Task input ::
//! The runs of a report as a text: their number, and for each of them its level, first byte and
//! last byte.
//!
//! Each function here that can fail errs with `AllocError`, where a request for memory was refused.
ghost use Rattle.std.specs.Prelude.{◌≡◌, ◌≢◌, ◌++◌, ◌∷◌, [], ◌↔◌, ◌<◌, ◌^◌, ℕ, List, true, decimal, IsTrue, IfOk, MatchOption, OnOk, string_bytes};
ghost use Rattle.messages.specs.declared.token_run.TokenRun.{TokenRun as Run};
ghost use Rattle.message_text.specs.code.Reports.{IsRunsText, may_stand, run_words, runs_in, words_of};
ghost use Rattle.message_text.specs.rule.Texts.{IsServedSpan, runs_text};

use crate::fields::SpanText;
use crate::numbers::Offset;
use intervals::span::Span;
use messages::{TokenRun, TokenRuns};
use model::Level;
use std::alloc::{AllocError, Global};
use std::fmt::Write;
use std::marker::Model;
use texts::number::Within;
use texts::text::{Text, split_field};

// The number of runs in a report.
type Total = Within<u64, 0, 18_446_744_073_709_551_615>;

/// The remaining words of a text.
#[derive(Drop)]
struct RemainingWords<'a> {
    rest: &'a str,
    ended: bool,
}

impl<'a> Model for RemainingWords<'a> {
    ghost use Rattle.std.specs.Prelude.{ℕ, List, [], if◌then◌else◌};
    ghost use Rattle.message_text.specs.code.Reports.{words_of};

    ghost Value = { List (List ℕ) };

    ghost view = { λ w. if w.ended then [] else words_of w.rest.now };
}

impl<'a> RemainingWords<'a> {
    // The words of the text.
    fn new(text: &'a str) -> RemainingWords<'a>
        ensures { result ≡ words_of text.entry.now }
    {
        RemainingWords {
            rest: text,
            ended: false,
        }
    }

    // Whether no word is left.
    fn is_empty(&self) -> bool
        ensures { IsTrue result ↔ (self.now ≡ []) }
    {
        self.ended
    }

    // The next word, if one is left.
    fn next(&mut self) -> Option<&'a str>
        ensures { MatchOption result (self.old ≡ []) (λ word. self.old ≡ word.now ∷ self.new) }
    {
        if self.ended {
            return None;
        }
        let Some((word, rest)) = split_field(self.rest) else {
            self.ended = true;
            return Some(self.rest);
        };
        self.rest = rest;
        Some(word)
    }

    // The number whose decimal text the next word is.
    fn next_count(&mut self) -> Option<u64>
        ensures { MatchOption result ((count : ℕ) (more : List (List ℕ)) → count < 2 ^ 64 → self.old ≢ decimal count ∷ more) (λ count. (count < 2 ^ 64) × (self.old ≡ decimal count ∷ self.new)) }
    {
        Total::read(self.next()?)
    }

    // The run that the next three words name.
    fn next_run(&mut self) -> Option<TokenRun>
        ensures { MatchOption result ((run : Run) (more : List (List ℕ)) → IsServedSpan run.span → self.old ≢ run_words run ++ more) (λ run. IsServedSpan run.span × (self.old ≡ run_words run ++ self.new)) }
    {
        let level = Level::read(self.next()?)?;
        let lo = Offset::read(self.next()?)?;
        let hi = Offset::read(self.next()?)?;
        if hi < lo {
            return None;
        }
        let span = Span { lo, hi };
        Some(TokenRun { span, level })
    }
}

// Whether the run may come next behind the run `last`, or is the first one.
fn may_stand(last: Option<TokenRun>, run: &TokenRun) -> bool
    ensures { result ≡ may_stand last run.now }
{
    match last {
        Some(before) => run.may_follow(before),
        None => true,
    }
}

// The run that the next three words name, if it may come next behind the run `last`.
fn next_standing(words: &mut RemainingWords<'_>, last: Option<TokenRun>) -> Option<TokenRun>
    ensures { MatchOption result ((run : Run) (more : List (List ℕ)) → IsServedSpan run.span → may_stand last run ≡ true → words.old ≢ run_words run ++ more) (λ run. IsServedSpan run.span × (may_stand last run ≡ true) × (words.old ≡ run_words run ++ words.new)) }
{
    let run = words.next_run()?;
    if !may_stand(last, &run) {
        return None;
    }
    Some(run)
}

/// Whether the text is the number of the longest runs of some token, and these runs.
pub(crate) fn are_runs(text: &str) -> bool
    ensures { IsTrue result ↔ IsRunsText text.now }
{
    let mut words = RemainingWords::new(text);
    let Some(count) = words.next_count() else {
        return false;
    };
    let mut last = None;
    for _ in 0..count {
        let Some(run) = next_standing(&mut words, last) else {
            return false;
        };
        last = Some(run);
    }
    words.is_empty()
}

/// The runs that the text names.
pub(crate) fn read_runs(alloc: Global, text: &str) -> Result<TokenRuns, AllocError>
    requires { IsRunsText text.now }
    ensures { IfOk result (λ runs. runs ≡ runs_in text.now) }
{
    let mut words = RemainingWords::new(text);
    let _count = words.next_count();
    let mut runs = Vec::new(alloc);
    while let Some(run) = words.next_run() {
        runs.push(run)?;
    }
    match TokenRuns::new(runs) {
        Some(runs) => Ok(runs),
        None => unreachable!(),
    }
}

/// Adds the number of runs, and the runs.
pub(crate) fn push_runs(out: &mut String, runs: &TokenRuns) -> Result<(), AllocError>
    ensures { OnOk result (string_bytes out.new ≡ string_bytes out.old ++ runs_text runs.now) }
{
    let runs = runs.as_slice();
    let count = runs.len();
    write!(out, "{count}")?;
    for run in runs {
        out.push_str(" ")?;
        <(Level, SpanText)>::write(&(run.level, run.span), out)?;
    }
    Ok(())
}
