//! The fields of messages, as types.
ghost use Rattle.std.specs.Prelude.{◌≡◌, ◌≢◌, ◌++◌, ◌∷◌, ℕ, List, decimal, string_bytes, MatchOption, OnOk, ⊤};
ghost use Rattle.messages.specs.rule.Shapes.{IsRebuilt};
ghost use Rattle.messages.specs.declared.version.Version.TheVariants.{First, Second};
ghost use Rattle.texts.specs.rule.Layout.{space};
ghost use Rattle.texts.specs.rule.Reads.{Both, Reads};
ghost use Rattle.message_text.specs.rule.Texts.{lock_text, AreServedWants, IsCommandNumber, IsFile, IsServedLock, IsServedSpan, command_text, epoch_text, span_text, blocking_text, wants_text};

use crate::edition::Edition;
use crate::names::{OwnerName, push_lock};
use crate::numbers::{Counted, EpochField, FileField, Offset, RebuiltField};
use intervals::span::Span;
use messages::{Blocking, CommandNumber, EpochNumber, FileNumber, Version, Wanted};
use model::{LockInfo, Mode};
use std::alloc::AllocError;
use std::fmt::Write;
use std::marker::PhantomData;
use texts::text::{Text, Word, split_field};

/// The number of a file, as messages name it.
pub(crate) struct FileName;

impl Text for FileName {
    type Value = FileNumber;

    ghost text_of = { decimal };

    ghost is_served = { IsFile };

    fn read(text: &str) -> Option<FileNumber> {
        FileField::read(text).map(FileNumber::of)
    }

    fn write(value: &FileNumber, out: &mut String) -> Result<(), AllocError> {
        write!(out, "{}", value.get())
    }
}

impl Word for FileName {
    fn is_one_field() {}
}

/// The epoch of a rebuilt server.
pub(crate) struct EpochName;

impl Text for EpochName {
    type Value = EpochNumber;

    ghost text_of = { epoch_text };

    ghost is_served = { IsRebuilt };

    fn read(text: &str) -> Option<EpochNumber> {
        RebuiltField::read(text).map(EpochNumber::of)
    }

    fn write(value: &EpochNumber, out: &mut String) -> Result<(), AllocError> {
        write!(out, "{}", value.epoch())
    }
}

impl Word for EpochName {
    fn is_one_field() {}
}

/// The number of a command and the fields behind it: `K` and the fields in version 1; `E K` and the
/// fields, with the epoch of the server that gave the command, in version 2.
pub(crate) struct Numbered<V, B> {
    of: PhantomData<(V, B)>,
}

impl<V: Edition, B: Text> Text for Numbered<V, B> {
    type Value = (CommandNumber, B::Value);

    ghost text_of = { command_text V.version B.text_of };

    ghost is_served = { Both (IsCommandNumber V.version) B.is_served };

    fn read(text: &str) -> Option<(CommandNumber, B::Value)> {
        match V::version() {
            Version::First => of_first_epoch::<B>(text),
            Version::Second => of_epoch::<B>(text),
        }
    }

    fn write(value: &(CommandNumber, B::Value), out: &mut String) -> Result<(), AllocError> {
        push_number(out, V::version(), value.0)?;
        B::write(&value.1, out)
    }
}

// The number of a command of the first epoch, and the fields behind it.
fn of_first_epoch<B: Text>(text: &str) -> Option<(CommandNumber, B::Value)>
    ensures { Reads (command_text First B.text_of) (Both (IsCommandNumber First) B.is_served) text.now result }
{
    let (number, rest) = <(Counted, B)>::read(text)?;
    Some((CommandNumber::of(1, number), rest))
}

// The epoch of a command, its number within the epoch, and the fields behind them.
fn of_epoch<B: Text>(text: &str) -> Option<(CommandNumber, B::Value)>
    ensures { Reads (command_text Second B.text_of) (Both (IsCommandNumber Second) B.is_served) text.now result }
{
    let (epoch, (number, rest)) = <(EpochField, (Counted, B))>::read(text)?;
    Some((CommandNumber::of(epoch, number), rest))
}

// Adds the number of a command, with its epoch in version 2, and a space.
fn push_number(out: &mut String, version: Version, number: CommandNumber) -> Result<(), AllocError>
    ensures { OnOk result ((rest : List ℕ) → string_bytes out.new ++ rest ≡ string_bytes out.old ++ command_text version (λ (bytes : List ℕ). bytes) (number, rest)) }
{
    match version {
        Version::First => {
            let count = number.get();
            write!(out, "{count} ")
        }
        Version::Second => {
            let epoch = number.epoch();
            let number = number.number();
            write!(out, "{epoch} {number} ")
        }
    }
}

/// The value of the first field of a text, and the text behind the space after that field.
pub(crate) fn first_field<A: Word>(text: &str) -> Option<(A::Value, &str)>
    ensures { MatchOption result ((x : A.Value) (rest : List ℕ) → A.is_served x → text.now ≢ A.text_of x ++ space ∷ rest) (λ found. A.is_served found.0 × (text.now ≡ A.text_of found.0 ++ space ∷ found.1.now)) }
{
    A::is_one_field();
    let (word, rest) = split_field(text)?;
    let value = A::read(word)?;
    Some((value, rest))
}

/// Whether a request waits: `now` or `wait`.
pub(crate) struct BlockingWord;

impl Text for BlockingWord {
    type Value = Blocking;

    ghost text_of = { blocking_text };

    ghost is_served = { λ _. ⊤ };

    fn read(text: &str) -> Option<Blocking> {
        match text {
            "now" => Some(Blocking::No),
            "wait" => Some(Blocking::Yes),
            _ => None,
        }
    }

    fn write(value: &Blocking, out: &mut String) -> Result<(), AllocError> {
        match value {
            Blocking::No => out.push_str("now"),
            Blocking::Yes => out.push_str("wait"),
        }
    }
}

impl Word for BlockingWord {
    fn is_one_field() {}
}

/// A span: `LO HI`, its first and its last byte.
pub(crate) struct SpanText;

impl Text for SpanText {
    type Value = Span;

    ghost text_of = { span_text };

    ghost is_served = { IsServedSpan };

    fn read(text: &str) -> Option<Span> {
        let (lo, hi) = <(Offset, Offset)>::read(text)?;
        if hi < lo {
            return None;
        }
        Some(Span { lo, hi })
    }

    fn write(value: &Span, out: &mut String) -> Result<(), AllocError> {
        let lo = value.lo;
        let hi = value.hi;
        write!(out, "{lo} {hi}")
    }
}

/// The two ranges of a request: `LO HI LO HI`, the required span and the desired one, which
/// contains it.
pub(crate) struct WantsText;

impl Text for WantsText {
    type Value = Wanted;

    ghost text_of = { wants_text };

    ghost is_served = { AreServedWants };

    fn read(text: &str) -> Option<Wanted> {
        let (lo, (hi, desired)) = <(Offset, (Offset, SpanText))>::read(text)?;
        if hi < lo {
            return None;
        }
        if lo < desired.lo {
            return None;
        }
        if desired.hi < hi {
            return None;
        }
        let required = Span { lo, hi };
        Some(Wanted::new(required, desired))
    }

    fn write(value: &Wanted, out: &mut String) -> Result<(), AllocError> {
        SpanText::write(&value.required, out)?;
        out.push_str(" ")?;
        SpanText::write(&value.desired, out)
    }
}

/// A lock: `MODE LO HI OWNER`.
pub struct LockText;

impl Text for LockText {
    type Value = LockInfo;

    ghost text_of = { lock_text };

    ghost is_served = { IsServedLock };

    fn read(text: &str) -> Option<LockInfo> {
        let (mode, (lo, (hi, owner))) = <(Mode, (Offset, (Offset, OwnerName)))>::read(text)?;
        if hi < lo {
            return None;
        }
        let span = Span { lo, hi };
        Some(LockInfo { owner, mode, span })
    }

    fn write(value: &LockInfo, out: &mut String) -> Result<(), AllocError> {
        push_lock(out, value)
    }
}
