//! The law of the texts of messages.
ghost use Rattle.messages.specs.declared.version.Version.{Version};
ghost use Rattle.message_text.specs.code.Reports.{MessagesHaveTexts};

/// The texts of messages, in each version: two messages within their limits that have one text are
/// equal; `message_of` reads each message from its text; and no text has a line feed, so that
/// messages may be sent as lines.
pub fn messages_have_texts()
    ensures { (version : Version) → MessagesHaveTexts version }
{}
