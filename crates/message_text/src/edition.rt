//! The two versions of texts, as types.
ghost use Rattle.std.specs.Prelude.{◌≡◌};
ghost use Rattle.messages.specs.declared.version.Version.{Version};
ghost use Rattle.messages.specs.declared.version.Version.TheVariants.{First, Second};

use messages::Version;

/// A version of texts, by a type.
pub trait Edition {
    ghost version: { Version };

    /// The version that the type stands for.
    fn version() -> Version
        ensures { result ≡ version };
}

/// Version 1: no epoch is written, and no server is rebuilt.
pub struct FirstEdition;

impl Edition for FirstEdition {
    ghost version = { First };

    fn version() -> Version {
        Version::First
    }
}

/// Version 2: the epochs of servers are written.
pub struct SecondEdition;

impl Edition for SecondEdition {
    ghost version = { Second };

    fn version() -> Version {
        Version::Second
    }
}
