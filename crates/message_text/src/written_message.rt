//! Messages as they are read from their texts.
ghost use Rattle.std.specs.Prelude.{◌≡◌, IfOk};
ghost use Rattle.messages.specs.declared.message.Message.TheVariants as message;
ghost use Rattle.message_text.specs.code.Reports.{message_in, IsForm, IsRunsText, runs_in};

use crate::reports::read_runs;
use messages::{EpochNumber, FileNumber, Message};
use model::Host;
use std::alloc::{AllocError, Global};
use std::marker::Model;

// The runs of a report stay a text, so that reading it takes no memory.
#[derive(Drop)]
enum WrittenForm<'a> {
    Whole(Message),
    Report {
        file: FileNumber,
        number: EpochNumber,
        holder: Host,
        runs: &'a str,
    },
}

impl WrittenForm<'_> {
    // The message, with the runs of a report read.
    fn message(self, alloc: Global) -> Result<Message, AllocError>
        requires { IsForm self }
        ensures { IfOk result (λ message. message ≡ message_in self.entry) }
    {
        match self {
            WrittenForm::Whole(message) => Ok(message),
            WrittenForm::Report {
                file,
                number,
                holder,
                runs,
            } => Ok(Message::Report {
                file,
                number,
                holder,
                runs: read_runs(alloc, runs)?,
            }),
        }
    }
}

/// A message that was read from its text. Of a report, the runs may still be a text.
#[derive(Drop)]
pub struct WrittenMessage<'a> {
    form: WrittenForm<'a>,
}

impl<'a> Model for WrittenMessage<'a> {
    ghost use Rattle.messages.specs.declared.message.Message.{Message};
    ghost use Rattle.message_text.specs.code.Reports.{message_in, IsForm};

    ghost Value = { Message };

    ghost view = { λ m. message_in m.form };

    ghost invariant = { λ m. IsForm m.form };
}

impl<'a> WrittenMessage<'a> {
    /// A message that is read completely.
    pub(crate) fn whole(message: Message) -> WrittenMessage<'a>
        ensures { result ≡ message }
    {
        WrittenMessage {
            form: WrittenForm::Whole(message),
        }
    }

    /// A report whose runs are still a text.
    pub(crate) fn report(
        file: FileNumber,
        number: EpochNumber,
        holder: Host,
        runs: &'a str,
    ) -> WrittenMessage<'a>
        requires { IsRunsText runs.now }
        ensures { result ≡ message.Report file number holder (runs_in runs.entry.now) }
    {
        WrittenMessage {
            form: WrittenForm::Report {
                file,
                number,
                holder,
                runs,
            },
        }
    }

    /// The message, with the runs of a report read.
    ///
    /// # Errors
    /// `AllocError` where a request for memory was refused; only the runs of a report need any.
    pub fn message(self, alloc: Global) -> Result<Message, AllocError>
        ensures { IfOk result (λ message. message ≡ self.entry) }
    {
        self.form.message(alloc)
    }
}
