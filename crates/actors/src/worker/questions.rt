//! The questions of clients, as a worker takes them.
ghost use Rattle.std.specs.Prelude.{◌<◌, vec_len, OnOk};
ghost use Rattle.std.specs.Vec.{vec_capacity};

use super::Worker;
use super::tries::Cause;
use crate::{CallError, CallResult, Gate, Question, UnansweredCall, Weather, may_release};
use book::{Mark, Name, Receipt, Seat, Stamp};
use crossbeam_channel::Sender;
use messages::{Event, NodeInput};
use model::{Op, Process};
use std::sync::Wait;
use std::time::Clock;

impl<'s, 'b, J: Name, G: Gate, R: Wait + Clock, W: Weather> Worker<'s, 'b, J, G, R, W> {
    // Takes the question of a client: makes its call.
    pub(super) fn take_question(&mut self, seat: &mut Seat<J>, question: Question) {
        let Question {
            process,
            op,
            seen,
            back,
        } = question;
        if !self.learn_path(process, back) {
            return;
        }
        match self.begin(seat, process, op, seen.as_ref()) {
            Ok(stamp) => {
                self.open(process, stamp);
                if may_release(&op) {
                    self.retry_all(seat, process.node, Cause::Release);
                }
            }
            Err(why) => self.answer(process, Err(why)),
        }
    }

    // Keeps the channel for answers to the process, if a new one came. `false` where memory for it was refused; the
    // process is answered that.
    fn learn_path(&mut self, process: Process, back: Option<Sender<CallResult>>) -> bool {
        let Some(back) = back else {
            return true;
        };
        match self.paths.insert((process.incarnation, process.pid), back) {
            Ok(_) => true,
            Err(failed) => {
                let _ = failed.value.1.send(self.rt, Err(CallError::NoMemory));
                false
            }
        }
    }

    // Makes the call of the process, if the node, in that incarnation, may take one, and sends the messages of the
    // step. There is then room for the call.
    fn begin(
        &mut self,
        seat: &mut Seat<J>,
        process: Process,
        op: Op,
        seen: Option<&Mark>,
    ) -> Result<Stamp, CallError>
        ensures { OnOk result (vec_len self.new.waiting.calls < vec_capacity self.new.waiting.calls) }
    {
        if process.incarnation != seat.incarnation() {
            return Err(CallError::Fenced);
        }
        if let Some(why) = self.over {
            return Err(why);
        }
        if self.waiting.reserve().is_err() {
            return Err(CallError::NoMemory);
        }
        let pid = process.pid;
        let event = Event::AtNode(process.node, NodeInput::Call { pid, op });
        let stamp = self.commit_step(seat, event, seen)?;
        self.outgoing.send_all(&stamp);
        Ok(stamp)
    }

    // Notes the call of this step of the process: it was answered, or is open from here on.
    fn open(&mut self, process: Process, stamp: Stamp)
        requires { vec_len self.old.waiting.calls < vec_capacity self.old.waiting.calls }
    {
        // A process that has an open call can only exit, which ends that call without a reply.
        if let Some(ended) = self.waiting.take_of(process.pid) {
            self.answer(ended.process(), Err(ended.killed()));
        }
        match Receipt::of(&stamp, &stamp) {
            Some(receipt) => self.answer(process, Ok(receipt)),
            None => self.waiting.add(UnansweredCall::new(process, stamp)),
        }
    }
}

Required action :: Could you copy every line from the records that has "CallResult" in it?

Written solution ::
use crate::{CallError, CallResult, Gate, Question, UnansweredCall, Weather, may_release};
    fn learn_path(&mut self, process: Process, back: Option<Sender<CallResult>>) -> bool {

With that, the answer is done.